Segment Open
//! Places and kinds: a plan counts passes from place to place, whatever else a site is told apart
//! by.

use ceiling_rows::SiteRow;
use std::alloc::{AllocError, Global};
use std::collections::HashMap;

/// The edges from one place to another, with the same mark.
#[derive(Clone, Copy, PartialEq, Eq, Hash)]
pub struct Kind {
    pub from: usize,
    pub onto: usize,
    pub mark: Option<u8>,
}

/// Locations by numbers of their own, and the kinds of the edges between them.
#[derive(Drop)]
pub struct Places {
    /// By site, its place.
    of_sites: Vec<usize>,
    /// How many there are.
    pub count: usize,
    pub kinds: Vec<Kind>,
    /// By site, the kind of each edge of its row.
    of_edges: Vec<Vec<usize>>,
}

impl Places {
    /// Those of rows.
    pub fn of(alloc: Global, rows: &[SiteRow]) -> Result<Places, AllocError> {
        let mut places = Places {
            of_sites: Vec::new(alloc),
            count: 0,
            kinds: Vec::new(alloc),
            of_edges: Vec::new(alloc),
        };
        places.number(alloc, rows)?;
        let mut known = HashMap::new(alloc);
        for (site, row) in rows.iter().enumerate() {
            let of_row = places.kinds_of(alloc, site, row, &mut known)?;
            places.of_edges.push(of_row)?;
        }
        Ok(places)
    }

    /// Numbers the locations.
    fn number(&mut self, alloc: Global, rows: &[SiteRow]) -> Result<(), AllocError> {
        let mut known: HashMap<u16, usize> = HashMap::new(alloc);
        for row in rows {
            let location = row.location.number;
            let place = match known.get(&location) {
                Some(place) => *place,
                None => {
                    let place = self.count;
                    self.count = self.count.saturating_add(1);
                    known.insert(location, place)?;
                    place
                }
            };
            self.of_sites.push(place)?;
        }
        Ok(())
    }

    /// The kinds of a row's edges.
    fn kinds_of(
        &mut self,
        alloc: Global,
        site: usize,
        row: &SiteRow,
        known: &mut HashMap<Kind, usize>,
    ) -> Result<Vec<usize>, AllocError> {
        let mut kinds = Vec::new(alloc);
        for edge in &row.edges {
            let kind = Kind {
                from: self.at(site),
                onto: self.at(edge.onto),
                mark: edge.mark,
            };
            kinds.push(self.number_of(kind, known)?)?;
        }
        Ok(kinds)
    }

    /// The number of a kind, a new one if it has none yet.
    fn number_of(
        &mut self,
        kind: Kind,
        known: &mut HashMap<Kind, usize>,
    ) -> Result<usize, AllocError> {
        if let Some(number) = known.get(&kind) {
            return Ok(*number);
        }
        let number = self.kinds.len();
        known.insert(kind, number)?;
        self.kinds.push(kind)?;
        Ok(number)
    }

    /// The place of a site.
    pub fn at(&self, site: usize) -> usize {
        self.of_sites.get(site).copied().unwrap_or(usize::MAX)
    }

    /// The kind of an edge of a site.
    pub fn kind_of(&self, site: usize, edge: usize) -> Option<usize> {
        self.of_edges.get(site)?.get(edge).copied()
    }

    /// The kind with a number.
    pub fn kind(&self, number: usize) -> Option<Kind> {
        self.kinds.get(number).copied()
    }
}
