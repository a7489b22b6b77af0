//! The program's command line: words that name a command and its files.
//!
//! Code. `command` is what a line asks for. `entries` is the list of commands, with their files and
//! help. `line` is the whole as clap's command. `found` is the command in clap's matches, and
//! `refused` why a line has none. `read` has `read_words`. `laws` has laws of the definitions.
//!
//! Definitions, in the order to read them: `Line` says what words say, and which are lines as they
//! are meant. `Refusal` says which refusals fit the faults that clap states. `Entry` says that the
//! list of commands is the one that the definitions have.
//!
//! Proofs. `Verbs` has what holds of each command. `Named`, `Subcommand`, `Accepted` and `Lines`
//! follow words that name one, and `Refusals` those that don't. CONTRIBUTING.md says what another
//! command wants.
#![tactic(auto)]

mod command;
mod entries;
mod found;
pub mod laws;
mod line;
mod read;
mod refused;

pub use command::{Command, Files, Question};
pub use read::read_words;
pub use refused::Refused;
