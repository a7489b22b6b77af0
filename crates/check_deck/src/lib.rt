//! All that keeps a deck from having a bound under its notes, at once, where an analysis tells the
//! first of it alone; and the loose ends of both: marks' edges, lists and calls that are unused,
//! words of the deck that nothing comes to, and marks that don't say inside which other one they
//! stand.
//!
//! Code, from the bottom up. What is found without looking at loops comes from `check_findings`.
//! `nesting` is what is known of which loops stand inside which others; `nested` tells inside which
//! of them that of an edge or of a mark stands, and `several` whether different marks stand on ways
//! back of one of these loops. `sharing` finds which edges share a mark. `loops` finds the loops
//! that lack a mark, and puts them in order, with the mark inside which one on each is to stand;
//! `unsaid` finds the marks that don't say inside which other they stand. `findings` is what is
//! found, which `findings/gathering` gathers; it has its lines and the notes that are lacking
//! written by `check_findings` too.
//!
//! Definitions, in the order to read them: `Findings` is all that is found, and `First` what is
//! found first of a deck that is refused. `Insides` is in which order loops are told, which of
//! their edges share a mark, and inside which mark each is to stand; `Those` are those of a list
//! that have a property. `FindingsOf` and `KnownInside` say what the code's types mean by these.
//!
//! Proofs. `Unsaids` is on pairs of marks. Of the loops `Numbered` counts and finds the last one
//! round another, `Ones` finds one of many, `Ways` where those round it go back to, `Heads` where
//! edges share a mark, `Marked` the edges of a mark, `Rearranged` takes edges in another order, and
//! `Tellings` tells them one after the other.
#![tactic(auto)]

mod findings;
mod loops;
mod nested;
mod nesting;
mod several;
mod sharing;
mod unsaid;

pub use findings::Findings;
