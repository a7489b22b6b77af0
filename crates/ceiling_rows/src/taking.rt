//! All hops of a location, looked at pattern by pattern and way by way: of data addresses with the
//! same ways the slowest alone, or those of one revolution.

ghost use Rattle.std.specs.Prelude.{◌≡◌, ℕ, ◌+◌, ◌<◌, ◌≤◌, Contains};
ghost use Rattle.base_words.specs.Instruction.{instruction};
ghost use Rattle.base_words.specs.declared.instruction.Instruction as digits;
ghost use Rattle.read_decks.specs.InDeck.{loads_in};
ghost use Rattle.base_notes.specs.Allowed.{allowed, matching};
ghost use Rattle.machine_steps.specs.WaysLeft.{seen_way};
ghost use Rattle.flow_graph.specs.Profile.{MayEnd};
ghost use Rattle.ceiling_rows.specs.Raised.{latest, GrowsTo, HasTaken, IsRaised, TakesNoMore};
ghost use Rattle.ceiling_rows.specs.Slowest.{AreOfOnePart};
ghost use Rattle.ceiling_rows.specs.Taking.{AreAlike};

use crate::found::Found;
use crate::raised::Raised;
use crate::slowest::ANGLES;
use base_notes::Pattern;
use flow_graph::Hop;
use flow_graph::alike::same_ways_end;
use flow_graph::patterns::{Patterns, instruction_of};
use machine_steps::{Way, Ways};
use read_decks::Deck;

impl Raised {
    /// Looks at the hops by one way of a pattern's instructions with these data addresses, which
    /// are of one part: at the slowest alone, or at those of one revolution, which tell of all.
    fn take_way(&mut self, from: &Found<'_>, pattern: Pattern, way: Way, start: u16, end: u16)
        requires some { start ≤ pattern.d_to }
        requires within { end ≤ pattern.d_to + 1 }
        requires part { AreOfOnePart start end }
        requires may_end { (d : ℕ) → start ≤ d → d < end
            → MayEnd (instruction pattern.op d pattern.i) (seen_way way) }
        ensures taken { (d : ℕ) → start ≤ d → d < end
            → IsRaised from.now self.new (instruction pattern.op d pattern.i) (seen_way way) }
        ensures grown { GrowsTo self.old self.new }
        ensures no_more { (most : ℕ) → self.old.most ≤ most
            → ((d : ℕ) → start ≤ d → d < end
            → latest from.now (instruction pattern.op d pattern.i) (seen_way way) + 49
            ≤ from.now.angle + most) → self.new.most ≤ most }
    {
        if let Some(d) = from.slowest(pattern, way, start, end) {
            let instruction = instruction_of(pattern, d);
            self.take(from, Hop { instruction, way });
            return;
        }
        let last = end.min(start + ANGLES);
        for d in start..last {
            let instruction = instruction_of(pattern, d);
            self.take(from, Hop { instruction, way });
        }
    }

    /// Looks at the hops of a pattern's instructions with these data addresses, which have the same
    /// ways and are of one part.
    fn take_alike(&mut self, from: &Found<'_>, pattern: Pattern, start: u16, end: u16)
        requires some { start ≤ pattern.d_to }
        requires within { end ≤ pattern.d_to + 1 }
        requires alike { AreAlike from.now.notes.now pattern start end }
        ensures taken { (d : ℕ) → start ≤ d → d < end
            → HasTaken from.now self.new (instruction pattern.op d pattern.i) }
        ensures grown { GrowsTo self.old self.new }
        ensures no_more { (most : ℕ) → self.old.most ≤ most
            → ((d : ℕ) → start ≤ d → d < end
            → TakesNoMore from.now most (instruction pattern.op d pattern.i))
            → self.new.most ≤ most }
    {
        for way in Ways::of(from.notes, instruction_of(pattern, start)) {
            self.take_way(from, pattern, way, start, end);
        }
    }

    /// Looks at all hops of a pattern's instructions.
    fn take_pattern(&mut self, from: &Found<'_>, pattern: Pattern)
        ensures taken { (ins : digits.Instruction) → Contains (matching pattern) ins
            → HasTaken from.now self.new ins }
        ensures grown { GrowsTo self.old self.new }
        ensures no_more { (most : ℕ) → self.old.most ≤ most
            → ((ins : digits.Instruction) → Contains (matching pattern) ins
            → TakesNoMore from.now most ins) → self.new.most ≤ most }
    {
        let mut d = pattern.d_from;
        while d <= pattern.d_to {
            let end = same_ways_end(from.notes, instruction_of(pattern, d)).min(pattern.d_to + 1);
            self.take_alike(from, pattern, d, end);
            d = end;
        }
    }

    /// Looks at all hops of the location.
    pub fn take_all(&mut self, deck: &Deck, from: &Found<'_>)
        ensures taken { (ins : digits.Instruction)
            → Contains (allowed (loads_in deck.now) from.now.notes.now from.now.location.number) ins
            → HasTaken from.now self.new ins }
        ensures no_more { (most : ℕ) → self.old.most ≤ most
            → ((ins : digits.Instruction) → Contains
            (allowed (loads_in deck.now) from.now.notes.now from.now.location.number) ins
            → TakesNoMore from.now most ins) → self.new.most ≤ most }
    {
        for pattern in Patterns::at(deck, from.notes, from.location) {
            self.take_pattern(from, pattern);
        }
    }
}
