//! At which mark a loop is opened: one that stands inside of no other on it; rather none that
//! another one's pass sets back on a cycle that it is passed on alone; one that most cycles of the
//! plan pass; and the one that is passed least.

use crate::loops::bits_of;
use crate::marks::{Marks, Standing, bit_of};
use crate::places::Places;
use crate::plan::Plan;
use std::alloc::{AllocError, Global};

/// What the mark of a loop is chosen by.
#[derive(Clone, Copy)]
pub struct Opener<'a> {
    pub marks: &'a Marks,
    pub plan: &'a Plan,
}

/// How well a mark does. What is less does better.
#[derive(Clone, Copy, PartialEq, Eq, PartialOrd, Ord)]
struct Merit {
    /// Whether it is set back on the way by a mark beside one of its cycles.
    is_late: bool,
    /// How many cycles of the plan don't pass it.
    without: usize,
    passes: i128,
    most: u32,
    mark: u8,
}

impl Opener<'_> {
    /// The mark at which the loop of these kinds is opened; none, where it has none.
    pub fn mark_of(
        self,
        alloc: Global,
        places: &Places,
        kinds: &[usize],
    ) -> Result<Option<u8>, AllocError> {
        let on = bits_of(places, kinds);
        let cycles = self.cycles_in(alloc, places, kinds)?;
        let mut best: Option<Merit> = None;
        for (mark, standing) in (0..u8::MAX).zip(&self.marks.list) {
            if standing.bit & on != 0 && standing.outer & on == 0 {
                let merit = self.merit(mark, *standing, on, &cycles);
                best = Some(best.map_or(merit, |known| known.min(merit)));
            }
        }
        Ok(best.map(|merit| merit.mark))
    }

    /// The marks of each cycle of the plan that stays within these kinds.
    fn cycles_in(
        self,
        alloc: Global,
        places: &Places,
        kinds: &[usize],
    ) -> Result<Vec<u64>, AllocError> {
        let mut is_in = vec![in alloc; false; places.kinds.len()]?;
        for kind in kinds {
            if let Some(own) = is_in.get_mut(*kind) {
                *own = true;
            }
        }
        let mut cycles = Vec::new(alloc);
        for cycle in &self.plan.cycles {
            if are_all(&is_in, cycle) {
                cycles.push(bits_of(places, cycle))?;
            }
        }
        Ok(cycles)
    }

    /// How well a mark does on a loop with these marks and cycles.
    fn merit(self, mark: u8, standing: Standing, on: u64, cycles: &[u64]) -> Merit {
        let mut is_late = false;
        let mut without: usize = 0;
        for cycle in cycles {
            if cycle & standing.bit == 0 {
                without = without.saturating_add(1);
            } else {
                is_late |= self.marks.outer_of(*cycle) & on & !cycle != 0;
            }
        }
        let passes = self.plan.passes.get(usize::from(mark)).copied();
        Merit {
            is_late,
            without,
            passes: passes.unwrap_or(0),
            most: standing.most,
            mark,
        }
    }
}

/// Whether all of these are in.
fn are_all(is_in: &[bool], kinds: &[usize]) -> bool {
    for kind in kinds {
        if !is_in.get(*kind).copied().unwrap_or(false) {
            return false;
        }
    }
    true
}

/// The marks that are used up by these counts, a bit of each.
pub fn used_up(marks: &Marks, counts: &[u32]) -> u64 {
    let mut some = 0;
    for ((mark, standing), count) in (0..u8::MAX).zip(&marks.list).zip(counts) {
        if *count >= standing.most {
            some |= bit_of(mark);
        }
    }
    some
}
Segment Closed
* [Work to complete]: When a line of the material holds the string "last", copy that line.

* [Output of the exercise]:
//! Proofs. `Unsaids` is on pairs of marks. Of the loops `Numbered` counts and finds the last one
        let last = end.min(start + ANGLES);
        for d in start..last {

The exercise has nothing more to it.